**The problem**
A faithful copy of all the data below, please; leave no line out.

- Opening Delimiter -

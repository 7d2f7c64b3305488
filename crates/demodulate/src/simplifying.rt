// Clauses simplified by all rules: reduced, and told where they aren't needed.

ghost use Rattle.std.specs.Prelude.{◌≡◌, ◌≤◌, IfOk, IsTrue};
ghost use Rattle.fol_base.specs.Canonical.{IsCanonical};
ghost use Rattle.fol_base.specs.Clause.{clause_size};
ghost use Rattle.fol_base.specs.Literal.{clause_of};
ghost use Rattle.fol_base.specs.declared.limits.TheConstants.{MOST_SYMBOLS};
ghost use Rattle.kernel_steps.specs.Names.{are_sorted};
ghost use Rattle.bank_clause.specs.Clause.{AreMembersOf};
ghost use Rattle.rewriting.specs.Units.{AreClausesOf};
ghost use Rattle.demodulate.specs.Memory.{Remembers};
ghost use Rattle.demodulate.specs.Simplified.{IsSimplified, ResultKeepsForm};

use crate::memory::Memory;
use crate::reducing::{Reduction, reduce};
use crate::simplifiers::Simplifiers;
use crate::subsuming::subsumer;
use fol_base::Clause;
use kernel_steps::Reduced;
use plain_types::Mem;
use reduced_clause::unreduced_copy;
use std::alloc::Global;
use unit_cutting::is_tautology;

/// The result of simplifying a clause.
#[derive(Drop)]
pub enum Simplified {
    /// Reducing steps lead to a tautology.
    Tautology,
    /// Reducing steps lead to a clause that the clause with this number subsumes.
    Subsumed(u32),
    /// It is reduced, and the result is irreducible.
    Reduced(Reduced),
}

/// Simplifies a clause by those that may be used: it is reduced until no reducing step applies, unless it is or becomes a tautology, and
/// then looked up among the clauses that subsume it.
pub fn simplify(
    alloc: Global,
    by: &Simplifiers<'_>,
    clause: &Clause,
    memory: &mut Memory,
) -> Mem<Simplified>
    requires equations { AreClausesOf by.now.bank.now by.now.equations.now }
    requires units { AreClausesOf by.now.bank.now by.now.units.now }
    requires members { AreMembersOf by.now.bank.now by.now.members.now }
    requires canonical { IsCanonical (clause_of clause.now) }
    requires names { IsTrue (are_sorted clause.now.names) }
    requires size { clause_size (clause_of clause.now) ≤ MOST_SYMBOLS }
    requires memory { Remembers by.now.equations.now by.now.left_out memory.old }
    ensures outcome { IfOk result (IsSimplified by.now.equations.now by.now.units.now by.now.members.now by.now.left_out (clause_of clause.now)) }
    ensures form { IfOk result (ResultKeepsForm (clause_of clause.now)) }
    ensures memory { Remembers by.now.equations.now by.now.left_out memory.new }
{
    if is_tautology(clause) {
        return Ok(Simplified::Tautology);
    }
    let mut reduced = unreduced_copy(alloc, clause)?;
    match reduce(alloc, by, &mut reduced, memory)? {
        Reduction::Tautology => Ok(Simplified::Tautology),
        Reduction::Irreducible => match subsumer(alloc, by, &reduced.clause)? {
            Some(number) => Ok(Simplified::Subsumed(number)),
            None => Ok(Simplified::Reduced(reduced)),
        },
    }
}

- Closing Delimiter -

**Finished exercise**
repository 7d2f7c64b3305488
filename crates/demodulate/src/simplifying.rt
// Clauses simplified by all rules: reduced, and told where they aren't needed.

ghost use Rattle.std.specs.Prelude.{◌≡◌, ◌≤◌, IfOk, IsTrue};
ghost use Rattle.fol_base.specs.Canonical.{IsCanonical};
ghost use Rattle.fol_base.specs.Clause.{clause_size};
ghost use Rattle.fol_base.specs.Literal.{clause_of};
ghost use Rattle.fol_base.specs.declared.limits.TheConstants.{MOST_SYMBOLS};
ghost use Rattle.kernel_steps.specs.Names.{are_sorted};
ghost use Rattle.bank_clause.specs.Clause.{AreMembersOf};
ghost use Rattle.rewriting.specs.Units.{AreClausesOf};
ghost use Rattle.demodulate.specs.Memory.{Remembers};
ghost use Rattle.demodulate.specs.Simplified.{IsSimplified, ResultKeepsForm};

use crate::memory::Memory;
use crate::reducing::{Reduction, reduce};
use crate::simplifiers::Simplifiers;
use crate::subsuming::subsumer;
use fol_base::Clause;
use kernel_steps::Reduced;
use plain_types::Mem;
use reduced_clause::unreduced_copy;
use std::alloc::Global;
use unit_cutting::is_tautology;

/// The result of simplifying a clause.
#[derive(Drop)]
pub enum Simplified {
    /// Reducing steps lead to a tautology.
    Tautology,
    /// Reducing steps lead to a clause that the clause with this number subsumes.
    Subsumed(u32),
    /// It is reduced, and the result is irreducible.
    Reduced(Reduced),
}

/// Simplifies a clause by those that may be used: it is reduced until no reducing step applies, unless it is or becomes a tautology, and
/// then looked up among the clauses that subsume it.
pub fn simplify(
    alloc: Global,
    by: &Simplifiers<'_>,
    clause: &Clause,
    memory: &mut Memory,
) -> Mem<Simplified>
    requires equations { AreClausesOf by.now.bank.now by.now.equations.now }
    requires units { AreClausesOf by.now.bank.now by.now.units.now }
    requires members { AreMembersOf by.now.bank.now by.now.members.now }
    requires canonical { IsCanonical (clause_of clause.now) }
    requires names { IsTrue (are_sorted clause.now.names) }
    requires size { clause_size (clause_of clause.now) ≤ MOST_SYMBOLS }
    requires memory { Remembers by.now.equations.now by.now.left_out memory.old }
    ensures outcome { IfOk result (IsSimplified by.now.equations.now by.now.units.now by.now.members.now by.now.left_out (clause_of clause.now)) }
    ensures form { IfOk result (ResultKeepsForm (clause_of clause.now)) }
    ensures memory { Remembers by.now.equations.now by.now.left_out memory.new }
{
    if is_tautology(clause) {
        return Ok(Simplified::Tautology);
    }
    let mut reduced = unreduced_copy(alloc, clause)?;
    match reduce(alloc, by, &mut reduced, memory)? {
        Reduction::Tautology => Ok(Simplified::Tautology),
        Reduction::Irreducible => match subsumer(alloc, by, &reduced.clause)? {
            Some(number) => Ok(Simplified::Subsumed(number)),
            None => Ok(Simplified::Reduced(reduced)),
        },
    }
}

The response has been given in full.